Among the 7 Habits of Effective writers is to read a lot.
This ongoing Books Read in 2013 plan is from the Jonathan Ball and Ryan Fitzpatrick 95 books in a year idea. It goes handily with my love of documenting.
I find that I can only taste a book when I’m switching between distinct voices and subjects. My habit is pick away at half a dozen books in parallel. If I’m down to 2 interesting books, I can read neither easily.
So, the year thus far…
- Day and Night: Poems by Dorothy Livesay (Oolichan Books, 1944, 2011)
- Life in a Medieval City by Frances and Joseph Gies
- Still: (to be) Perpetual by Matthew Cooperman (dovetail, 2007)
- Cleo & the salamander by Amanda Earl (Le Temps des Cerises, 2012)
- Newspaper Blackout by Austin Keon (Harper, 2010)
- Memoirs by Evelyn H.C. Johnson (Chiefswood, 2009)
- The Wild Braid: A poet reflects on a century in the garden by Stanley Kunitz (Norton, 2005)
- English Montreal Poetry of the Seventies, edited by Andre Farkas and Ken Norris (Véhicule Press, 1977)
- Methodist Hatchet by Ken Babstock (Anansi, 2011)
- Conflict by Christine McNair (BookThug, 2012)

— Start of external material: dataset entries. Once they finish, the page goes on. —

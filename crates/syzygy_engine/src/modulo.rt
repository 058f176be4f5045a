// The syzygies of one list modulo another: only the one is marked.
ghost use Rattle.std.specs.Prelude.{◌≡◌, ◌<◌, ◌≤◌, ◌+◌, ◌++◌, IfOk, IfErr, OnOk, length};
ghost use Rattle.formal_sums.specs.FormalSums.{Each};
ghost use Rattle.syzygy_laws.specs.Syzygies.{marked};
ghost use Rattle.operation_laws.specs.Operations.{IsSyzygyModulo};
ghost use Rattle.term_lists.specs.Rings.{ring_comparison, variables};
ghost use Rattle.term_lists.specs.Vectors.{AreVectorsOver, HasPositions, sums_of};
ghost use Rattle.risen_counts.specs.Counts.{RoseAtMost};
ghost use Rattle.groebner_iface.specs.Calls.{CallStops, NoTrail};
ghost use Rattle.groebner_iface.specs.Runs.{IsReducedBasisOf};
ghost use Rattle.syzygy_engine.specs.Answers.{IsBasisOfThose};
ghost use Rattle.syzygy_engine.specs.Kernels.{runs_in_order};
ghost use Rattle.syzygy_engine.specs.Marking.{position_ring};
ghost use Rattle.syzygy_engine.specs.Modulo.{AreModuloRuns};
ghost use Rattle.syzygy_engine.specs.Runs.{AreVectorsFor, IsRunFor};

use crate::lowering::kernel_part;
use crate::marking::{first_mark, marked_list};
use groebner_iface::{Groebner, OpStop};
use module_vectors::{NoMemory, Ring, VectList, lawful_setting};
use monomial_orders::ModOrder;
use risen_counts::counted_times;
use std::alloc::Global;
use std::sync::Wait;
use std::thread::Threads;

/// The vectors of the one list and then those of the other. They are moved.
pub fn followed(list: VectList, more: VectList) -> Result<VectList, NoMemory>
    ensures { IfOk result (λ all. all ≡ list ++ more) }
{
    let mut all = list.into_vec();
    let mut rest = more.into_vec();
    all.append(&mut rest)?;
    Ok(VectList::from_vec(all))
}

// The heads, each with a mark of its own, and behind them the members, without one. The members are moved.
fn heads_marked(
    alloc: Global,
    ring: &Ring,
    by_position: &Ring,
    rank: u64,
    heads: &VectList,
    members: VectList,
) -> Result<VectList, NoMemory>
    requires by_position { by_position.now ≡ position_ring ring.now }
    requires heads { AreVectorsOver ring.now (ring_comparison ring.now) heads.now }
    requires members { AreVectorsOver (position_ring ring.now) (ring_comparison (position_ring ring.now)) members }
    requires room { rank < 9223372036854775808 }
    ensures { let n = variables ring.now in
        IfOk result (AreVectorsFor (position_ring ring.now) (marked rank 0 (sums_of n heads.now) ++ sums_of n members)) }
{
    let marked = marked_list(alloc, ring, by_position, rank, heads)?;
    let list = followed(marked, members)?;
    Ok(list)
}

// The basis of the heads with marks and the members without.
fn modulo_basis<R: Threads + Wait + Sync, B: Groebner>(
    rt: &R,
    alloc: Global,
    engine: &mut B,
    ring: &Ring,
    by_position: &Ring,
    rank: u128,
    heads: &VectList,
    members: VectList,
) -> Result<VectList, OpStop>
    requires by_position { by_position.now ≡ position_ring ring.now }
    requires heads { AreVectorsOver ring.now (ring_comparison ring.now) heads.now }
    requires heads_positions { Each (HasPositions rank) heads.now }
    requires members { AreVectorsOver (position_ring ring.now) (ring_comparison (position_ring ring.now)) members }
    requires members_positions { Each (HasPositions rank) members }
    requires room { rank < 9223372036854775808 }
    ensures basis { let n = variables ring.now in IfOk result (λ basis. (list : _)
        × AreVectorsFor (position_ring ring.now) (marked rank 0 (sums_of n heads.now) ++ sums_of n members) list
        × IsReducedBasisOf (position_ring ring.now) (rank + length heads.now) list basis) }
    ensures same { OnOk result ((B.stops engine.new ≡ B.stops engine.old) × (B.stopped engine.new ≡ B.stopped engine.old)) }
    ensures stop { let n = variables ring.now in IfErr result (CallStops
        (IsRunFor (position_ring ring.now) (rank + length heads.now) (marked rank 0 (sums_of n heads.now) ++ sums_of n members)) NoTrail
        (B.stops engine.old) (B.stops engine.new) (B.stopped engine.old) (B.stopped engine.new)) }
    ensures later { B.stops engine.old ≤ B.stops engine.new }
    ensures runs { RoseAtMost 1 (B.runs engine.old) (B.runs engine.new) }
    ensures settings { B.settings engine.new ≡ B.settings engine.old }
{
    counted_times();
    lawful_setting(ring);
    let list = heads_marked(alloc, ring, by_position, first_mark(rank), heads, members)?;
    match engine.reduced(rt, alloc, by_position, rank + heads.len() as u128, &list) {
        Ok(basis) => Ok(basis),
        Err(stop) => Err(OpStop::from(stop)),
    }
}

/// The reduced basis of the syzygies of the heads modulo the members, all vectors of this rank, the members in the order by
/// position: a run, position over term, on the heads with a mark each and the members without. What vanishes before the
/// marks is the basis; where the ring's order is term over position and there are more heads than one, a run on this in the
/// ring's own order follows (UAG chapter 5, section 3). The members are moved.
///
/// `Pairs` and `Degree` are those of one of the runs, which the engine counted and kept; `Memory` where there is none;
/// `Trail` never.
pub fn kernel_modulo<R: Threads + Wait + Sync, B: Groebner>(
    rt: &R,
    alloc: Global,
    engine: &mut B,
    ring: &Ring,
    by_position: &Ring,
    rank: u128,
    heads: &VectList,
    members: VectList,
) -> Result<VectList, OpStop>
    requires by_position { by_position.now ≡ position_ring ring.now }
    requires heads { AreVectorsOver ring.now (ring_comparison ring.now) heads.now }
    requires heads_positions { Each (HasPositions rank) heads.now }
    requires members { AreVectorsOver (position_ring ring.now) (ring_comparison (position_ring ring.now)) members }
    requires members_positions { Each (HasPositions rank) members }
    requires room { rank < 9223372036854775808 }
    ensures basis { let n = variables ring.now in IfOk result (IsBasisOfThose ring.now (length heads.now)
        (IsSyzygyModulo ring.now.modulus.value (sums_of n heads.now) (sums_of n members))) }
    ensures same { OnOk result ((B.stops engine.new ≡ B.stops engine.old) × (B.stopped engine.new ≡ B.stopped engine.old)) }
    ensures stop { let n = variables ring.now in IfErr result (CallStops
        (AreModuloRuns ring.now rank (sums_of n heads.now) (sums_of n members)) NoTrail
        (B.stops engine.old) (B.stops engine.new) (B.stopped engine.old) (B.stopped engine.new)) }
    ensures later { B.stops engine.old ≤ B.stops engine.new }
    ensures runs { RoseAtMost (runs_in_order ring.now) (B.runs engine.old) (B.runs engine.new) }
    ensures settings { B.settings engine.new ≡ B.settings engine.old }
{
    counted_times();
    lawful_setting(ring);
    let basis = match modulo_basis(rt, alloc, engine, ring, by_position, rank, heads, members) {
        Ok(basis) => basis,
        Err(stop) => return Err(stop),
    };
    let kernel = kernel_part(alloc, ring, basis, first_mark(rank))?;
    if heads.len() == 1 {
        return Ok(kernel);
    }
    match ring.module_order {
        ModOrder::Pot => Ok(kernel),
        ModOrder::Top => match engine.reduced(rt, alloc, ring, heads.len() as u128, &kernel) {
            Ok(answer) => Ok(answer),
            Err(stop) => Err(OpStop::from(stop)),
        },
    }
}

- Carry On Dancing by Heather Grace Stewart (Winter Goose Publishing, 2012)
- We’ll Always Have Parrots: A Meg Langslow Mystery by Donna Andrews (St. Martins, 2004)
- Born on a Blue Day: A Memoir of Asperger’s and an Extraordinary Mind by Daniel Tammet (Hodder & Stoughton, 2006)
- Communication is essential: Joanne Kyger: Letters to and From (CUNY Lost and Found Series, 2012)
30 pages here, 10-30 in the other half dozen at each sitting. It also keeps me from trying to absorb too fast.